В фильме «Сирано. Успеть до премьеры» разворачивается история создания Эдмоном Ростаном (Edmond Rostand) одной из главный французских пьес — «Сирано де Бержерак». Трогательно, с любовью. Местами — забавно. Со случайным мимолётным разговором главного героя с Антоном Чеховым в борделе и наворачивающимися под конец слезами.

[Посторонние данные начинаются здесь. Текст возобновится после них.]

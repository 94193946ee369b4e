//! Fields: reads the columns of a header and the values of a row.
ghost use Rattle.std.specs.Prelude.{◌≡◌, ◌<◌, ◌≤◌, true, IfSome, Some, length, take};
ghost use Rattle.std.specs.Str.{all_ascii_digits};
ghost use Rattle.rel_base.specs.Limits.{most_rows};
ghost use Rattle.csv.specs.Records.{fields_of};
ghost use Rattle.relation_csv.specs.Fields.{bool_of_field, column_of_field, int_of_field, type_of_name, value_of_field};
ghost use Rattle.relation_csv.specs.Files.{IsReadAs, is_text, row_of_record, schema_of_record};

use crate::RelFault;
use csv::StringRecord;
use rel_base::{ColType, Column, MOST_COLUMNS, Row, Schema, Text, Value};
use std::alloc::Global;

/// The columns that a header names.
pub(crate) fn schema_of(alloc: Global, header: &StringRecord) -> Result<Schema, RelFault>
    requires { is_text (fields_of header.now) ≡ true }
    ensures { IsReadAs result (schema_of_record (fields_of header.now)) }
{
    if header.len() > MOST_COLUMNS as usize {
        return Err(RelFault::TooManyColumns);
    }
    let mut schema = Schema::new(alloc);
    for field in header {
        let column = column_of(alloc, field, schema.len() + 1)?;
        schema.push(column)?;
    }
    Ok(schema)
}

/// The row that the fields of record number `nth` write.
pub(crate) fn row_of(
    alloc: Global,
    schema: &Schema,
    nth: u32,
    fields: &StringRecord,
) -> Result<Row, RelFault>
    requires nth { nth ≤ most_rows }
    requires text { is_text (fields_of fields.now) ≡ true }
    ensures { IsReadAs result (row_of_record schema.now nth (fields_of fields.now)) }
{
    if fields.len() != schema.len() as usize {
        return Err(RelFault::FieldCount { nth });
    }
    let mut row = Row::new(alloc);
    for (column, field) in schema.as_slice().iter().zip(fields) {
        let value = value_of(alloc, column.kind, field, nth, row.len() + 1)?;
        row.push(value)?;
    }
    Ok(row)
}

/// The column that header field number `number` names.
fn column_of(alloc: Global, field: &str, number: u32) -> Result<Column, RelFault>
    ensures { IsReadAs result (column_of_field number field.now) }
{
    let Some((name, type_name)) = field.rsplit_once(':') else {
        let name = Text::of(alloc, field)?;
        return Ok(Column {
            name,
            kind: ColType::Str,
        });
    };
    let Some(kind) = type_of(type_name) else {
        return Err(RelFault::BadHeader { field: number });
    };
    let name = Text::of(alloc, name)?;
    Ok(Column { name, kind })
}

/// The type of this name, in any case.
fn type_of(name: &str) -> Option<ColType>
    ensures { result ≡ type_of_name name.now }
{
    if name.eq_ignore_ascii_case("int") || name.eq_ignore_ascii_case("long") {
        Some(ColType::Int)
    } else if name.eq_ignore_ascii_case("string") {
        Some(ColType::Str)
    } else if name.eq_ignore_ascii_case("boolean") {
        Some(ColType::Bool)
    } else {
        None
    }
}

/// The value of this type that a field writes, which stands in this record and column.
#[inline(always)]
pub(crate) fn value_of(
    alloc: Global,
    kind: ColType,
    field: &str,
    nth: u32,
    column: u32,
) -> Result<Value, RelFault>
    ensures { IsReadAs result (value_of_field nth column kind field.now) }
{
    match kind {
        ColType::Int => {
            let Some(number) = int_of(field) else {
                return Err(RelFault::BadInt { nth, column });
            };
            Ok(Value::Int(number))
        }
        ColType::Str => {
            let text = Text::of(alloc, field)?;
            Ok(Value::Str(text))
        }
        ColType::Bool => {
            let Some(truth) = bool_of(field) else {
                return Err(RelFault::BadBool { nth, column });
            };
            Ok(Value::Bool(truth))
        }
    }
}

/// The number that an int field writes.
#[inline(always)]
pub(crate) fn int_of(field: &str) -> Option<i64>
    ensures { result ≡ int_of_field field.now }
{
    match short_number(field.as_bytes()) {
        Some(number) => Some(number),
        None => field.parse::<i64>().ok(),
    }
}

/// The number that a field of at most 18 digits writes; `None` where it has more bytes or others.
#[inline(always)]
fn short_number(digits: &[u8]) -> Option<i64>
    ensures { IfSome result (λ number. int_of_field digits.now ≡ Some number) }
{
    if digits.is_empty() || digits.len() > 18 {
        return None;
    }
    let mut number = 0u64;
    for digit in digits {
        if !digit.is_ascii_digit() {
            return None;
        }
        number = 10 * number + (*digit - b'0') as u64;
    }
    Some(number as i64)
}

/// The number that the digits at the front write, and how many they are; `None` where there is
/// none, where they are more than 18, and where nothing stands behind them.
#[inline(always)]
pub(crate) fn leading_number(bytes: &[u8]) -> Option<(i64, usize)>
    ensures bound { IfSome result (λ (_, count). count < length bytes.now) }
    ensures digits { IfSome result (λ (_, count). all_ascii_digits (take count bytes.now) ≡ true) }
    ensures number { IfSome result (λ (number, count).
        int_of_field (take count bytes.now) ≡ Some number) }
{
    let mut number = 0u64;
    for (count, byte) in bytes.iter().enumerate() {
        if !byte.is_ascii_digit() {
            if count == 0 {
                return None;
            }
            return Some((number as i64, count));
        }
        if count == 18 {
            return None;
        }
        number = 10 * number + (*byte - b'0') as u64;
    }
    None
}

/// The truth value that a boolean field writes, in any case.
#[inline(always)]
fn bool_of(field: &str) -> Option<bool>
    ensures { result ≡ bool_of_field field.now }
{
    match field {
        "true" => Some(true),
        "false" => Some(false),
        _ => bool_in_any_case(field),
    }
}

/// The truth value that a boolean field writes, in any case.
fn bool_in_any_case(field: &str) -> Option<bool>
    ensures { result ≡ bool_of_field field.now }
{
    if field.eq_ignore_ascii_case("true") {
        Some(true)
    } else if field.eq_ignore_ascii_case("false") {
        Some(false)
    } else {
        None
    }
}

Декабрь 1897 года. 29-летнему Эдмону Ростану (Тома Соливерес) тяжело: ничего не пишется — нет вдохновения, без которого и деньгам неоткуда взяться. Есть жена, двое детей, долги, неуверенность в себе, друг-неудачник — всё, как полагается хорошему человеку.

 

 

Жизнь подбрасывает ему соломинку — встречу с директором театра «Порт-Сен-Мартен», также переживающему не лучшие времена. Тогда Ростан и обещает Бенуа Констану Коклену (Оливье Гурме) написать для него новую комедию. За три недели.

 

 

Эдмон наблюдателен, подглядывает детали в жизни: вот темнокожий владелец ресторана заговорил драгоценными фразочками, вот безобразно длинный нос, который должен стать слабым местом его смелого героя… А вот лучший друг влюбился в костюмершу, что стоит на балконе, а сам он — Ростан — говорит с ней любовными стихами от чужого имени. Чем не сюжет для небольшого… да нет же, небольшой пьесы!

 

 

И если Вы думаете, что дальше будет страстная борьба за сердце прекрасной дамы, то ничего подобного. Спойлерить нехорошо.

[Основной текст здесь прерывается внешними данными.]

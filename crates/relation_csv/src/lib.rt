//! Relations and their files: reads a CSV file as a relation, and writes a relation's header and
//! rows as records.
//!
//! Stands on `rel_base` for relations, on `csv` for the records of a file, on `memchr` for the
//! ends of fields and on `itoa` for the text of numbers. Of std's threads it uses `map_vec`, in
//! the two calls whose names end in `_in_jobs`.
//!
//! Promises: a file is read as `relation_of_bytes` says, over the list of all its records: its
//! relation, or the fault of the first record that has one; a file without a header is read as
//! `relation_with` says, by the same words; a header and a row are written as `header_record` and
//! `row_record` say, which are the `csv` crate's own text of their fields; a relation that is
//! written so is read back. Not promised: that memory is there.
//!
//! A file without quotes and carriage returns is read where it stands (`plain.rt`), rows of ints
//! alone without a row of their own (`int_rows.rt`), a large file in jobs if the caller asks for
//! them (`jobs.rt`), and any other record by record. Every way to read keeps the same promise.
//!
//! Read `specs/Fields.antt`, `specs/Files.antt`, `specs/RecordTexts.antt` and
//! `specs/RoundTrip.antt`, then `files.rt`.
#![tactic(auto)]

mod faults;
mod fields;
mod files;
mod int_rows;
mod jobs;
mod laws;
mod plain;
mod records;
mod texts;

pub use faults::RelFault;
pub use files::{read_relation, read_relation_in_jobs, read_with, read_with_in_jobs};
pub use laws::{no_definition_gives_memory, written_relation_is_read_back};
pub use texts::{header_text, row_text};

Лучше сказать о том, что, несмотря на кажущуюся сказочность и простоту этого фильма, в нём задаётся любопытный вопрос — откуда появляются великие произведения искусства? Ведь Париж 1897 года не сильно отличается от любого большого города наших дней — даже есть такие своеобразные маршрутки-повозки, — в нём тоже существуют театры, в которых идут спектакли (некоторые — с успехом!), однако через сотню лет вспоминается именно «Сирано». Причём, судя по интонации фильма, скажу, что вспоминается крайне трепетно, как, не знаю, если бы мы вспоминали «Чайку», «Три сестры» и «Вишнёвый сад» одновременно.

 

 

Ответ, по ощущениям, тоже предлагается. Одно дело — выдумывать и подгонять реальность под Прокрустово ложе своих измышлизмов и хилых интеллектуальных схем, а другое — говорить с конкретным, живым, человеком. Иными словами, нельзя написать: «Я вас любил: любовь еще, быть может…», не желая вот этой, знакомой до родинок, былой возлюбленной, сказать: «Как дай вам бог любимой быть другим».

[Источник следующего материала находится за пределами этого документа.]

//! Plain files: reads the rows of a file where they stand.
//!
//! Where a file has no quote and no carriage return its records are its lines, and their fields
//! lie between commas. There a value is made of the file's own bytes, and no record is copied
//! first. A call here answers `None` where it can't tell: at a quote or a carriage return, at
//! bytes that are not UTF-8, and at every fault, which the reader of records then finds.
ghost use Rattle.std.specs.Prelude.{◌≡◌, ◌<◌, ◌≤◌, [], false, true, All, IfOk, IfSome, IsTrue, Ok, Some, drop, length, take};
ghost use Rattle.std.specs.List.{list_any};
ghost use Rattle.rel_base.specs.Limits.{most_rows};
ghost use Rattle.rel_base.specs.declared.relations.Column.{Column as Header};
ghost use Rattle.rel_base.specs.declared.values.ColType.TheVariants as kind;
ghost use Rattle.csv.specs.Reading.{is_bom, strip_bom};
ghost use Rattle.csv.specs.Writing.{default_writer, needs_byte};
ghost use Rattle.csv.specs.declared.parser.State.TheVariants as state;
ghost use Rattle.relation_csv.specs.Files.{records_of_bytes, rows_of_records};
ghost use Rattle.relation_csv.specs.Fields.{int_of_field};
ghost use Rattle.relation_csv.specs.inner.PlainLines.{AddsRow, BeginsWithField, BeginsWithValue, IsLine};
ghost use Rattle.relation_csv.specs.inner.RecordsLeft.{records_after};

use crate::RelFault;
use crate::fields::{leading_number, value_of};
use crate::int_rows::{are_ints, push_ints_of};
use memchr::memchr2;
use rel_base::{ColType, MOST_ROWS, Memory, Row, Rows, Schema, Value};
use std::alloc::Global;
use std::str;

/// A way to read plain files.
pub(crate) trait PlainReader {
    /// What the reader needs before it reads.
    ghost is_ready: { Self → Type 0 };

    /// The rows behind the first `skip` records of a file, if they can be read where they stand.
    /// They are shared from the start.
    fn rows(
        &self,
        alloc: Global,
        schema: &Schema,
        bytes: &[u8],
        skip: u64,
    ) -> Result<Option<Rows>, Memory>
        requires { is_ready self.now }
        ensures { IfOk result (λ found. IfSome found (λ rows.
            rows_of_records schema.now (drop skip (records_of_bytes bytes.now)) ≡ Ok rows)) };
}

/// Reads a plain file line by line.
pub(crate) struct InTurn;

impl PlainReader for InTurn {
    ghost is_ready = { λ _. Unit {0} };

    fn rows(
        &self,
        alloc: Global,
        schema: &Schema,
        bytes: &[u8],
        skip: u64,
    ) -> Result<Option<Rows>, Memory> {
        plain_rows(alloc, schema, bytes, skip)
    }
}

/// The rows behind the first `skip` records of a file, line by line, if they can be read where
/// they stand. They are shared from the start.
pub(crate) fn plain_rows(
    alloc: Global,
    schema: &Schema,
    bytes: &[u8],
    skip: u64,
) -> Result<Option<Rows>, Memory>
    ensures { IfOk result (λ found. IfSome found (λ rows.
        rows_of_records schema.now (drop skip (records_of_bytes bytes.now)) ≡ Ok rows)) }
{
    let Ok(text) = str::from_utf8(without_mark(bytes)) else {
        return Ok(None);
    };
    let Some(text) = behind_records(text, skip) else {
        return Ok(None);
    };
    rows_of_lines(alloc, schema, text)
}

/// The bytes behind a byte order mark at their start, if there is one.
pub(crate) fn without_mark(bytes: &[u8]) -> &[u8]
    ensures { result.now ≡ strip_bom bytes.now }
{
    match bytes {
        [a, b, c, rest @ ..] if is_mark(*a, *b, *c) => rest,
        _ => bytes,
    }
}

/// Whether three bytes are a byte order mark.
fn is_mark(a: u8, b: u8, c: u8) -> bool
    ensures { result ≡ is_bom a b c }
{
    a == 0xef && b == 0xbb && c == 0xbf
}

/// What stands behind so many records; nothing where there are fewer.
pub(crate) fn behind_records(text: &str, count: u64) -> Option<&str>
    ensures { IfSome result (λ rest. drop count (records_after state.StartRecord text.now)
        ≡ records_after state.StartRecord rest.now) }
{
    let mut left = text;
    'records: for _ in 0..count {
        let line = line_of(left)?;
        if line.is_empty() {
            return Some(line);
        }
        left = behind_record(line)?;
    }
    Some(left)
}

/// What stands behind the record of this line.
fn behind_record(line: &str) -> Option<&str>
    requires line { IsLine line.now }
    requires some { 0 < length line.now }
    ensures { IfSome result (λ rest. drop 1 (records_after state.StartRecord line.now)
        ≡ records_after state.StartRecord rest.now) }
{
    let mut left = line;
    'fields: loop {
        let (_, more, rest) = first_field(left)?;
        if !more {
            return Some(rest);
        }
        left = rest;
    }
}

/// The rows of all records of a text.
pub(crate) fn rows_of_lines(
    alloc: Global,
    schema: &Schema,
    text: &str,
) -> Result<Option<Rows>, Memory>
    ensures { IfOk result (λ found. IfSome found (λ rows.
        rows_of_records schema.now (records_after state.StartRecord text.now) ≡ Ok rows)) }
{
    let mut rows = Rows::new(alloc);
    let mut room = RowRoom::of(alloc, schema)?;
    let mut left = text;
    'rows: loop {
        let Some(line) = line_of(left) else {
            return Ok(None);
        };
        if line.is_empty() {
            rows.freeze(alloc)?;
            return Ok(Some(rows));
        }
        if rows.len() >= MOST_ROWS {
            return Ok(None);
        }
        let Some(rest) = push_next(alloc, schema, line, &mut room, &mut rows)? else {
            return Ok(None);
        };
        left = rest;
    }
}

/// The text from its first line on that is not empty.
fn line_of(text: &str) -> Option<&str>
    ensures line { IfSome result (λ line. IsLine line.now) }
    ensures same { IfSome result (λ line. records_after state.StartRecord text.now
        ≡ records_after state.StartRecord line.now) }
    ensures bound { IfSome result (λ line. length line.now ≤ length text.now) }
{
    let mut left = text;
    'lines: while !left.is_empty() {
        let first = left.as_bytes()[0];
        if first == b'\r' {
            return None;
        }
        if first != b'\n' {
            return Some(left);
        }
        left = &left[1..];
    }
    Some(left)
}

/// What a row is made in, again and again.
struct RowRoom {
    /// Whether all columns are of ints.
    are_ints: bool,
    numbers: Vec<i64>,
    row: Row,
}

// Written out, since a derived drop is proved anew at each place where a value is let go.
impl Drop for RowRoom {
    fn drop(self) {
        let RowRoom {
            are_ints: _,
            numbers: _,
            row: _,
        } = self;
    }
}

impl RowRoom {
    /// Room for a row of these columns.
    fn of(alloc: Global, schema: &Schema) -> Result<RowRoom, Memory>
        ensures empty { IfOk result (λ made. made.row ≡ []) }
        ensures ints { IfOk result (λ made. IsTrue made.are_ints
            → All (λ (c : Header). c.kind ≡ kind.Int) schema.now) }
    {
        Ok(RowRoom {
            are_ints: are_ints(schema),
            numbers: Vec::with_capacity(alloc, schema.len() as usize)?,
            row: Row::with_capacity(alloc, schema.len())?,
        })
    }
}

/// Adds the row of the record with which a text begins, the next one behind these rows, and gives
/// what stands behind the record.
#[inline(always)]
fn push_next<'a>(
    alloc: Global,
    schema: &Schema,
    line: &'a str,
    room: &mut RowRoom,
    rows: &mut Rows,
) -> Result<Option<&'a str>, Memory>
    requires empty { room.old.row ≡ [] }
    requires ints { IsTrue room.old.are_ints
        → All (λ (c : Header). c.kind ≡ kind.Int) schema.now }
    requires few { length rows.old < most_rows }
    ensures row { IfOk result (λ found. IfSome found (λ rest.
        AddsRow schema.now line.now rows.old rows.new rest.now)) }
    ensures empty { IfOk result (λ found. IfSome found (λ _. room.new.row ≡ [])) }
    ensures ints { room.new.are_ints ≡ room.old.are_ints }
{
    if room.are_ints {
        return push_ints_of(alloc, schema, line, &mut room.numbers, rows);
    }
    push_row_of(alloc, schema, line, &mut room.row, rows)
}

/// Adds the row of the record with which a text begins, the next one behind these rows, and gives
/// what stands behind the record. The row is made in one that is empty before and behind.
#[inline(always)]
fn push_row_of<'a>(
    alloc: Global,
    schema: &Schema,
    line: &'a str,
    row: &mut Row,
    rows: &mut Rows,
) -> Result<Option<&'a str>, Memory>
    requires empty { row.old ≡ [] }
    requires few { length rows.old < most_rows }
    ensures row { IfOk result (λ found. IfSome found (λ rest.
        AddsRow schema.now line.now rows.old rows.new rest.now)) }
    ensures empty { IfOk result (λ found. IfSome found (λ _. row.new ≡ [])) }
{
    let nth = rows.len() + 1;
    let mut left = line;
    let mut more = true;
    for column in schema.as_slice() {
        if !more {
            return Ok(None);
        }
        let read = first_value(alloc, column.kind, left, nth, row.len() + 1)?;
        let Some((value, follows, rest)) = read else {
            return Ok(None);
        };
        row.push(value)?;
        left = rest;
        more = follows;
    }
    if more {
        return Ok(None);
    }
    rows.push_from(row)?;
    Ok(Some(left))
}

/// The value that the first field of a text writes, whether another field follows it in its record,
/// and what stands behind it.
#[inline(always)]
fn first_value<'a>(
    alloc: Global,
    kind: ColType,
    text: &'a str,
    nth: u32,
    column: u32,
) -> Result<Option<(Value, bool, &'a str)>, Memory>
    ensures { IfOk result (λ found. IfSome found (λ (value, more, rest).
        BeginsWithValue nth column kind text.now value more rest.now)) }
{
    if kind == ColType::Int {
        if let Some((_, number, more, rest)) = first_number(text) {
            return Ok(Some((Value::Int(number), more, rest)));
        }
    }
    let Some((field, more, rest)) = first_field(text) else {
        return Ok(None);
    };
    match value_of(alloc, kind, field, nth, column) {
        Ok(value) => Ok(Some((value, more, rest))),
        Err(RelFault::Memory) => Err(Memory),
        Err(_) => Ok(None),
    }
}

/// The first field of a text with its number, whether another one follows it in its record, and
/// what stands behind it; none unless it is a number without a sign, of 18 digits at most, and
/// something stands behind it. Its end is where its digits end, so that nothing is searched for.
#[inline(always)]
pub(crate) fn first_number(text: &str) -> Option<(&str, i64, bool, &str)>
    ensures begins { IfSome result (λ (field, _, more, rest).
        BeginsWithField text.now field.now more rest.now) }
    ensures number { IfSome result (λ (field, number, _, _). int_of_field field.now ≡ Some number) }
{
    let bytes = text.as_bytes();
    let (number, end) = leading_number(bytes)?;
    match bytes[end] {
        b',' => Some((&text[..end], number, true, &text[end + 1..])),
        b'\n' => Some((&text[..end], number, false, &text[end + 1..])),
        _ => None,
    }
}

/// The first field of a text, whether another one follows it in its record, and what stands behind
/// it.
#[inline(always)]
pub(crate) fn first_field(text: &str) -> Option<(&str, bool, &str)>
    ensures begins { IfSome result (λ (field, more, rest).
        BeginsWithField text.now field.now more rest.now) }
    ensures shorter { IfSome result (λ (_, more, rest).
        more ≡ true → length rest.now < length text.now) }
{
    let bytes = text.as_bytes();
    let end = field_end(bytes);
    if end == bytes.len() {
        return Some((text, false, ""));
    }
    match bytes[end] {
        b',' => Some((&text[..end], true, &text[end + 1..])),
        b'\n' => Some((&text[..end], false, &text[end + 1..])),
        _ => None,
    }
}

/// How many bytes at most are searched at once for the end of a field.
const NEAR: usize = 32;

/// How many bytes stand before the first that means something in a file.
#[inline(always)]
fn field_end(bytes: &[u8]) -> usize
    ensures bound { result ≤ length bytes.now }
    ensures plain { list_any (needs_byte default_writer) (take result bytes.now) ≡ false }
{
    match near_end(bytes) {
        Some(end) => end,
        None => far_end(bytes),
    }
}

/// The same, if the field ends near by and no quote and no carriage return is near.
#[inline(always)]
fn near_end(bytes: &[u8]) -> Option<usize>
    ensures bound { IfSome result (λ end. end ≤ length bytes.now) }
    ensures plain { IfSome result (λ end. list_any (needs_byte default_writer) (take end bytes.now) ≡ false) }
{
    if bytes.len() < NEAR {
        return None;
    }
    let near = &bytes[..NEAR];
    if memchr2(b'"', b'\r', near).is_some() {
        return None;
    }
    memchr2(b',', b'\n', near)
}

/// The same, byte by byte.
#[inline(never)]
fn far_end(bytes: &[u8]) -> usize
    ensures bound { result ≤ length bytes.now }
    ensures plain { list_any (needs_byte default_writer) (take result bytes.now) ≡ false }
{
    for (i, byte) in bytes.iter().enumerate() {
        if matches!(*byte, b',' | b'"' | b'\r' | b'\n') {
            return i;
        }
    }
    bytes.len()
}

Вот, например, у костюмера материал, с которым он работает, вполне себе понятный. И качество проверить несложно: рвётся/не рвётся, жмёт/не жмёт. А у поэта или драматурга какой материал? Не буквы же. Что-то другое. То, что заставляет подбирать «лучшие слова в лучшем порядке» не для того, чтобы покрасоваться своей умелостью, а для того, чтобы объясниться через письмо в любви той, которая разожгла внутри тебя давно угасший пламень. И оно таково, что его не только не найдёшь в уединённом кабинете, но и в чужой жизни не подглядишь. В это «что-то» нужно кинуться, окунуться, да так, что вообще не понятно стало, чем ещё всё закончится. Выплывешь — сформулируешь.

 

 

Ну и к вопросу «Было ли так на самом деле?». Да нет, конечно! А, может быть, и да? В конце концов — так ли это важно? Интересовало ли вас, насколько герой пьесы Ростана похож на Сирано де Бержерака, жившего с 1619 по 1655 гг? Меня — не очень. Но я готов подписаться под словами Юрия Олеши:

«Я о себе думал, что я Сирано, — тогда, в эпоху первой любви. Мне и до сих пор нравится этот носатый кавалер, прыгающий в кресло, этот карлик с огромным носом, поэт, храбрец, фехтовальщик...»

 

 

В фильме «Сирано. Успеть до премьеры» (всё-таки кто придумывает русские переводы названий?!), лучше сказать — «Edmond» — режиссёр Алексис Михалик (Alexis Michalik) рассказывает зрителю благородный миф о поэте и драматурге Эдмоне Ростане, увековечившем имя де Бержерака, и, может быть, ставшим, благодаря этой картине, чьим-нибудь новым героем.